What makes doing this research at Pitt so unique?

We have a unique dataset of rehabilitation video recordings from Dr. Skidmore’s previous studies which makes this research possible to study how AI could be used to enhance rehabilitation therapy care and how AI can be best implemented in the rehabilitation setting.

In addition, Pitt has great environment to support research. This project was originally funded by the University of Pittsburgh Clinical and Translational Science Institute (CTSI) Exploring Existing Data Resources Rapid Pilot Award, which makes it possible for us to collect preliminary data and results and finally prepare the R01 grant applications. Without this preliminary support from Pitt CTSI, this project will not be possible.

What excites you the most about this project?
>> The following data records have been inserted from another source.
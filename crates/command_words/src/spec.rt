// What the words ask for.
ghost use Rattle.std.specs.Prelude.{◌≡◌, IfOk, OnOk, MatchOption};
ghost use Rattle.command_words.specs.Usage.{AreFine, IsUsageFault};

use crate::lacks::lack_of;
use crate::table::{
    checkpoint_of, errors_of, file_mode_of, header_row_of, headers_of, input_of, out_separator_of,
    output_of, rotation_of, rows_to_page_of, sample_lines_of, separator_of, stats_of, template_of,
    time_format_of,
};
use crate::usage::first_fault;
use crate::word::{options_in, query_in};
use crate::{FileMode, InputFormat, OutputFormat, Rotation, UsageFault};
use lp_outside::Name;
use lp_time::Pattern;
use lp_values::{Text, TextList};
use output_formats::Headers;
use std::alloc::{AllocError, Global};

/// Why there is no answer.
#[derive(Clone, Copy, Debug, PartialEq, Eq)]
pub enum SpecFault {
    /// The words are refused.
    Usage(UsageFault),
    /// Memory was refused.
    Memory,
}

/// What the words ask for. A field is none where its default depends on the query, and a limit where there is none.
#[derive(Drop)]
pub struct Spec {
    pub input: Option<InputFormat>,
    pub output: Option<OutputFormat>,
    /// How many bad lines are passed over.
    pub errors: Option<u32>,
    pub stats: bool,
    /// The ledger.
    pub checkpoint: Option<Name>,
    pub rotation: Rotation,
    pub header_row: bool,
    /// From how many records the columns' kinds are judged.
    pub dt_lines: Option<u32>,
    pub ts_format: Pattern,
    pub separator: u8,
    /// After how many rows the names come again.
    pub rtp: Option<u32>,
    pub headers: Headers,
    pub out_separator: u8,
    pub file_mode: FileMode,
    pub tpl: Option<Name>,
    /// The option words, as they were given.
    pub words: TextList,
    /// The query word.
    pub query: Text,
}

impl From<AllocError> for SpecFault {
    ghost use Rattle.command_words.specs.declared.spec.SpecFault.TheVariants.{Memory};

    ghost from_gives = { λ _ e. e ≡ Memory };

    fn from(_: AllocError) -> Self {
        SpecFault::Memory
    }
}

// What the words are refused by.
fn refusal_of(words: &[Text]) -> Option<UsageFault>
    ensures { MatchOption result (AreFine words.now) (IsUsageFault words.now) }
{
    match first_fault(words) {
        Some(fault) => Some(fault),
        None => lack_of(words),
    }
}

impl Spec {
    ghost use Rattle.command_words.specs.Table.{IsAsked, IsInRange};
    ghost use Rattle.command_words.specs.Usage.{IfUsage};

    /// Reads the words of the command line, without the program's name.
    pub fn read(alloc: Global, words: &TextList) -> Result<Spec, SpecFault>
        ensures ok { IfOk result (IsAsked words.now) }
        ensures in_range { IfOk result IsInRange }
        ensures fine { OnOk result (AreFine words.now) }
        ensures usage { IfUsage result (IsUsageFault words.now) }
    {
        let words = words.as_slice();
        match refusal_of(words) {
            Some(fault) => Err(SpecFault::Usage(fault)),
            None => Ok(Spec::asked(alloc, words)?),
        }
    }

    // What words ask for.
    fn asked(alloc: Global, words: &[Text]) -> Result<Spec, AllocError>
        ensures ok { IfOk result (IsAsked words.now) }
        ensures in_range { IfOk result IsInRange }
    {
        let options = options_in(alloc, words)?;
        let query = query_in(alloc, words)?;
        Ok(Spec {
            input: input_of(words),
            output: output_of(words),
            errors: errors_of(words),
            stats: stats_of(words),
            checkpoint: checkpoint_of(words),
            rotation: rotation_of(words),
            header_row: header_row_of(words),
            dt_lines: sample_lines_of(words),
            ts_format: time_format_of(words),
            separator: separator_of(words),
            rtp: rows_to_page_of(words),
            headers: headers_of(words),
            out_separator: out_separator_of(words),
            file_mode: file_mode_of(words),
            tpl: template_of(words),
            words: options,
            query,
        })
    }
}
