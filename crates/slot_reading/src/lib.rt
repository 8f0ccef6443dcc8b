//! Fields of a log as values.
//!
//! A crate above may rely on the exact value of each field: [`read_slot`] answers it for each way in which a column is
//! read, and the functions beside it where the way is known. `specs` has the definitions.
#![tactic(auto)]

mod names;
mod reading;
mod slots;

pub use names::is_same_name;
pub use reading::SlotReading;
pub use slots::{integer_value, read_slot, real_value, stamp_value};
What excites me most is the opportunity to implement AI in real world clinical practice and to bring AI directly into the hands of therapists. This will make their work better and easier, and ultimately make patients’ recovery better.

On a personal level, I am inspired by how stroke survivors fight every day to regain their independence. If our work can make therapy sessions more effective and ensure that progress is tracked more carefully, then we are helping patients and their families in very real ways. That possibility motivates me every day.